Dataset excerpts
....

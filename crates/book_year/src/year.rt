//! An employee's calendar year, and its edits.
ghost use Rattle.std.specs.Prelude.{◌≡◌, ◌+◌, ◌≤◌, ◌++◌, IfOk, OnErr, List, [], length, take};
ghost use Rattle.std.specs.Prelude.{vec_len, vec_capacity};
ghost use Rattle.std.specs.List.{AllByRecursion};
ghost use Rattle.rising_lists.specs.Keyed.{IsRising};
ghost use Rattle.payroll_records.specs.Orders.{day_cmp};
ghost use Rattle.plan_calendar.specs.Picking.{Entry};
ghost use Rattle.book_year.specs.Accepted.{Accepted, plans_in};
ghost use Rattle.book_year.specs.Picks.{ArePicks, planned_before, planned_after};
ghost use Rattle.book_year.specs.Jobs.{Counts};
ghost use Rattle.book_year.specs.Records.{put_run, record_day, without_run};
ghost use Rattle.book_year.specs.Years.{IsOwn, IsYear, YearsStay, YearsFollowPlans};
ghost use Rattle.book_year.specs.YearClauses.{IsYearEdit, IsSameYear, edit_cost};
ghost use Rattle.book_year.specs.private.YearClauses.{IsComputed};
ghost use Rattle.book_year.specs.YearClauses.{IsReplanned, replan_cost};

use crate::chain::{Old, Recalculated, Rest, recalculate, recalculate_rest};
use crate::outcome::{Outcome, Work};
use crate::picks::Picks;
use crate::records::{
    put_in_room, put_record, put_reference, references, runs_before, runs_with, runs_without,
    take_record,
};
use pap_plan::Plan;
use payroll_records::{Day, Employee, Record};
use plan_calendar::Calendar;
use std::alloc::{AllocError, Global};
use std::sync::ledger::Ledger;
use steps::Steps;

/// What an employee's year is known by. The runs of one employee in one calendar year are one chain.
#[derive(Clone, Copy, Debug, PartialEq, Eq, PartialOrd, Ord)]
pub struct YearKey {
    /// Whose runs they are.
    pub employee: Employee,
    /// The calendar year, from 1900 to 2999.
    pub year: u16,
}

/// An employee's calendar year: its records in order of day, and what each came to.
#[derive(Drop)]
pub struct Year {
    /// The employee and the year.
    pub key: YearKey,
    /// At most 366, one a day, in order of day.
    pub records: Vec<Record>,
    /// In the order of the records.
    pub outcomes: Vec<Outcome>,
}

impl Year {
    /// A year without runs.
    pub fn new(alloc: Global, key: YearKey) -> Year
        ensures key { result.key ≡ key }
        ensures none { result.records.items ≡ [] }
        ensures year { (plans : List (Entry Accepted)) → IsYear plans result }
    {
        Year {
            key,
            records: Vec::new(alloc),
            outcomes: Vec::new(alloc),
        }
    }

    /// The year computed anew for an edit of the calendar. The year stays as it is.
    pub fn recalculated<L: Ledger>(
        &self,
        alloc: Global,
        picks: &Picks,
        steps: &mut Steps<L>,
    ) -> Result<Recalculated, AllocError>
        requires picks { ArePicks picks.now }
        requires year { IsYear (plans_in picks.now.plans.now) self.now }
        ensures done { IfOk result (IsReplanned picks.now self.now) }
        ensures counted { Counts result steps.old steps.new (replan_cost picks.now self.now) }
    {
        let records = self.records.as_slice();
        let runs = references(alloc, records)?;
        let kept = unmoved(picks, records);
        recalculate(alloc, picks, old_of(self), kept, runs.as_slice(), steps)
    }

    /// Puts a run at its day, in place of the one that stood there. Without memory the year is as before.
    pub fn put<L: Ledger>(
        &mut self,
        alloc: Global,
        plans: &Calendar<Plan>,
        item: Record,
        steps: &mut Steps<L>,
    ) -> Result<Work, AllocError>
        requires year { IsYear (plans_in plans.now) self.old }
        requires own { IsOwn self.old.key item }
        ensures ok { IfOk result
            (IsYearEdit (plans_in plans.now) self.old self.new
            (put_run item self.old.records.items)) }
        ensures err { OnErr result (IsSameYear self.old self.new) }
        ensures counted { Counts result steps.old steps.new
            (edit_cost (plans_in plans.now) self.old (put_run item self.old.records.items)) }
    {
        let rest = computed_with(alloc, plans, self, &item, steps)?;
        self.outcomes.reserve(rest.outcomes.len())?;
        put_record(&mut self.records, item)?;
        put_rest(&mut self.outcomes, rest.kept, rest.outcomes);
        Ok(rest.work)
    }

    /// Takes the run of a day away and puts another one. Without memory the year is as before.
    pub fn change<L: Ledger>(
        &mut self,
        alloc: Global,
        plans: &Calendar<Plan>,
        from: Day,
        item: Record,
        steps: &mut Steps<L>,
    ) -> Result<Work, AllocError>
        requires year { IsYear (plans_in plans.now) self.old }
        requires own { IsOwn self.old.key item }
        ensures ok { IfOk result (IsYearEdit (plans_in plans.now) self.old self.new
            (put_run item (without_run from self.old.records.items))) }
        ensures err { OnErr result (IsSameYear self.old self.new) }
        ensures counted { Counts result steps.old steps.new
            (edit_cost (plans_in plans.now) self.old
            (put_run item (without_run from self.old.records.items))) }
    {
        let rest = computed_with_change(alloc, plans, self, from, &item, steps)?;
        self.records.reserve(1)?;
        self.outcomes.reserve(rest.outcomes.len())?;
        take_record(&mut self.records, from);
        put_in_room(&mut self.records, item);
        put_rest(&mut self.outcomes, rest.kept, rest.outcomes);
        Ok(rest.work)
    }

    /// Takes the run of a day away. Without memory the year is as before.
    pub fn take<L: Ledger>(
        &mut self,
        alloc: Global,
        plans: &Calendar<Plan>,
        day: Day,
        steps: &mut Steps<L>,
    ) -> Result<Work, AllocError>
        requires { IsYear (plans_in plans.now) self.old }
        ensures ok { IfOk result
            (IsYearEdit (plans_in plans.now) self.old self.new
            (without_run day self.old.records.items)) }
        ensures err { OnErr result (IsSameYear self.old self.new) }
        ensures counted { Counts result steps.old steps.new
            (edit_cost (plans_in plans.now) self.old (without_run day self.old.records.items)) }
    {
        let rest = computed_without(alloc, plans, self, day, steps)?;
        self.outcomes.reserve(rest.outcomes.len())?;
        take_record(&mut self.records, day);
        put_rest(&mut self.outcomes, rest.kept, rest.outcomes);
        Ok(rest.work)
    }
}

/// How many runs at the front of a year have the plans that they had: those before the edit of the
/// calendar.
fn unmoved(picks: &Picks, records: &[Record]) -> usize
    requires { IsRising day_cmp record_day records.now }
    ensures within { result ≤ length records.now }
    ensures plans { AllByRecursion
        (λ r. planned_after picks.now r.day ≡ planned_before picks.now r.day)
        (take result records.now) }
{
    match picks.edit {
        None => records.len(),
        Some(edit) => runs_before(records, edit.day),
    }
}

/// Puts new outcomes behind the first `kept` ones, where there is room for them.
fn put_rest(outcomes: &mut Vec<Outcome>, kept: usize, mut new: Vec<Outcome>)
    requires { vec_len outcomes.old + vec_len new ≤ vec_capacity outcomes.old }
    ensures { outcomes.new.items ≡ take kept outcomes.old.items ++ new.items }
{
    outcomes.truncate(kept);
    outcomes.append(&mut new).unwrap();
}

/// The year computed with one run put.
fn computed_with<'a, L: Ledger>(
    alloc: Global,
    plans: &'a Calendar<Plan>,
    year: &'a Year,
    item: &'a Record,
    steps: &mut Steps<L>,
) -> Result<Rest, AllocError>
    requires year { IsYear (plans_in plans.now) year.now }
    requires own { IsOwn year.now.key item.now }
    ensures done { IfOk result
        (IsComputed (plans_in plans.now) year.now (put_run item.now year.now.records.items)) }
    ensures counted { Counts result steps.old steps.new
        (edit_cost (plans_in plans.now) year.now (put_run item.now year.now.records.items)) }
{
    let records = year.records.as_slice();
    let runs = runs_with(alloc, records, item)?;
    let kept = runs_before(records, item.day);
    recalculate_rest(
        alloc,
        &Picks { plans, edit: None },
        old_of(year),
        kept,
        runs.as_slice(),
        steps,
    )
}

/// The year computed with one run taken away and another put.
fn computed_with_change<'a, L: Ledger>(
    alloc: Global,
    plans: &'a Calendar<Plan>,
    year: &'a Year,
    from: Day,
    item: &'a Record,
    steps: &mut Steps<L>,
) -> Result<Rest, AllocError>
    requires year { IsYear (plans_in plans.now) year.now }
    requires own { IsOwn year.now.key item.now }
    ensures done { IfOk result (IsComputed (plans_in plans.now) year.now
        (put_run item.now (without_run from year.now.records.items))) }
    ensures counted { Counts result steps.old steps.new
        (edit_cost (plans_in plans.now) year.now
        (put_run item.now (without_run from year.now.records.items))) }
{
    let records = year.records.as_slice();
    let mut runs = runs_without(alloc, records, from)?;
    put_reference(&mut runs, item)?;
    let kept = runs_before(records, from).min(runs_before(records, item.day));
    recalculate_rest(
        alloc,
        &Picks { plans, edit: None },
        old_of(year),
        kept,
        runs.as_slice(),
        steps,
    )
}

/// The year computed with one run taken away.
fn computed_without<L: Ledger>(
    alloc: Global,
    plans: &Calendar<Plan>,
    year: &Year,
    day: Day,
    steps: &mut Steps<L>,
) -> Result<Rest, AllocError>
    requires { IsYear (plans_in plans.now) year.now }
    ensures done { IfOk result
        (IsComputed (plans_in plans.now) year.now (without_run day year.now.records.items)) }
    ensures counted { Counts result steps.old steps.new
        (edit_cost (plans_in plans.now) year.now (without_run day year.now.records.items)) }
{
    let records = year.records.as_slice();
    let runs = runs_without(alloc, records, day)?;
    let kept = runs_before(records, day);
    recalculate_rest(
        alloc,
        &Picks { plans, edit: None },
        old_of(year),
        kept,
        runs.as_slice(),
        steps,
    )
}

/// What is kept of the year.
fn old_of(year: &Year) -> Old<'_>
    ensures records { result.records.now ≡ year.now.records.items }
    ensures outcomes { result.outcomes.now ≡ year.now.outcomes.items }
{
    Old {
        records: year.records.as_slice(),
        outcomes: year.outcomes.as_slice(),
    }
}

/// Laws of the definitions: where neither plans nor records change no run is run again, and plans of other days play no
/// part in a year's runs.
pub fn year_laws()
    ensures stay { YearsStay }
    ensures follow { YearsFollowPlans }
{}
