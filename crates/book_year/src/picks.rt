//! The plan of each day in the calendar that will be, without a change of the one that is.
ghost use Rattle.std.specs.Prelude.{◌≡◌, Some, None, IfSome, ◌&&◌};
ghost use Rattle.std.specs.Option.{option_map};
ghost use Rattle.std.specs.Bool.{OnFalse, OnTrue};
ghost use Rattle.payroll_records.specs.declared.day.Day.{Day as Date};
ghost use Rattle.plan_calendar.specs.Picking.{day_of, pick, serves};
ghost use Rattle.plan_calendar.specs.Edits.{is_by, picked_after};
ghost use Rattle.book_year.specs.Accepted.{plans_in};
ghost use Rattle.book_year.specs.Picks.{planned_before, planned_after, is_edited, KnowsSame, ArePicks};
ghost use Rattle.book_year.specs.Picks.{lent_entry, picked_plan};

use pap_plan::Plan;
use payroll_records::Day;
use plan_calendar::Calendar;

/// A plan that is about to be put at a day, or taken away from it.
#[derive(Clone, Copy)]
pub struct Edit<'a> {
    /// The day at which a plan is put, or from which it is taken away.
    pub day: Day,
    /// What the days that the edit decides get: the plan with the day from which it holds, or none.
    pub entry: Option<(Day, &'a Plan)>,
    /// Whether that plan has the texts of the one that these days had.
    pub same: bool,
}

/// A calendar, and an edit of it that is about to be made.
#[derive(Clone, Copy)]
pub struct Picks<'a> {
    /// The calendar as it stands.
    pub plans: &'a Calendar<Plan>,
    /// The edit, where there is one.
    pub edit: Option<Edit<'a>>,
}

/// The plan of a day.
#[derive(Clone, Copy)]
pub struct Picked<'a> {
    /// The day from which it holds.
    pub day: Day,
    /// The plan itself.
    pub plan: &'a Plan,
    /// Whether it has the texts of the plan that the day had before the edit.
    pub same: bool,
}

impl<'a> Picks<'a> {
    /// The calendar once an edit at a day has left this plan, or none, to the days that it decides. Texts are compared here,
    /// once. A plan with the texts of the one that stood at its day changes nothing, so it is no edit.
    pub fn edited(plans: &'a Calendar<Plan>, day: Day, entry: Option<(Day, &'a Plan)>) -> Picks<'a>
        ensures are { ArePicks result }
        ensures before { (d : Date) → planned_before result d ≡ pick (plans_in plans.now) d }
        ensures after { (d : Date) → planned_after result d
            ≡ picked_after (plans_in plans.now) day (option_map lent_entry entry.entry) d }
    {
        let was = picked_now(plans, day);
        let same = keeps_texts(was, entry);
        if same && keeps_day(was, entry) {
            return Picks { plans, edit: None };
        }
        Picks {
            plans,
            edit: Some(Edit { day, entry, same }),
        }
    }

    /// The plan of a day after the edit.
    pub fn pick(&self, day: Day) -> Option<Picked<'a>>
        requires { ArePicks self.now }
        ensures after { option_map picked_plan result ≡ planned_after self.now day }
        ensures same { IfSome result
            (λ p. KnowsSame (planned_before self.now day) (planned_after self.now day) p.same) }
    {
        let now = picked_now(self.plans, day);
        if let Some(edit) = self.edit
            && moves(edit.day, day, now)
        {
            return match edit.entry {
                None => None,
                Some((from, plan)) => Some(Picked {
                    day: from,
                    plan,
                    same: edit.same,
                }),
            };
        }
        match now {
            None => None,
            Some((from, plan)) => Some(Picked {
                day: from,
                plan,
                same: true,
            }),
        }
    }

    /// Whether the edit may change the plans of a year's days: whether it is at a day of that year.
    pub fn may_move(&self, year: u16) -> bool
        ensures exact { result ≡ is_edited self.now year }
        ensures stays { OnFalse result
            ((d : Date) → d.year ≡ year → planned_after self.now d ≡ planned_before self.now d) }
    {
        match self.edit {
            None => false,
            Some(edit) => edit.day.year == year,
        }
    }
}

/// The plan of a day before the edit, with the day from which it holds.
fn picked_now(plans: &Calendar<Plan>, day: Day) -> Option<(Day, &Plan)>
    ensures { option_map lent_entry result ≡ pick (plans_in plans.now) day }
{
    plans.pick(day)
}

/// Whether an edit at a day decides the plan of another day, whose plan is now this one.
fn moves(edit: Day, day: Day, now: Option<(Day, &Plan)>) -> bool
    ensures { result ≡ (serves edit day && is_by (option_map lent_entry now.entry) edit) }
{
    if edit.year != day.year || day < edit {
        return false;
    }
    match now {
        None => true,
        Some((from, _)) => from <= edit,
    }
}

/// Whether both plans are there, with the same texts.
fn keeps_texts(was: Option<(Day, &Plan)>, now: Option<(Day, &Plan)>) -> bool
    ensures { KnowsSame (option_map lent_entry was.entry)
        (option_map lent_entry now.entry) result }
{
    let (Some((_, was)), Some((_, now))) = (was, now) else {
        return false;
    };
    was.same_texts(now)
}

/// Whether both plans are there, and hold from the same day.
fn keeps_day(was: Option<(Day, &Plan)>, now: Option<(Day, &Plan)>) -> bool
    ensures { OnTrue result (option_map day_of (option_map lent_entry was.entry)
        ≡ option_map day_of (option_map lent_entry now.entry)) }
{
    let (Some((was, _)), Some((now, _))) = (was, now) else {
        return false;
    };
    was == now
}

....

** Activity **
Report each line above that includes the string "AllByRecursion".

** Solution to the exercise **
ghost use Rattle.std.specs.List.{AllByRecursion};
    ensures plans { AllByRecursion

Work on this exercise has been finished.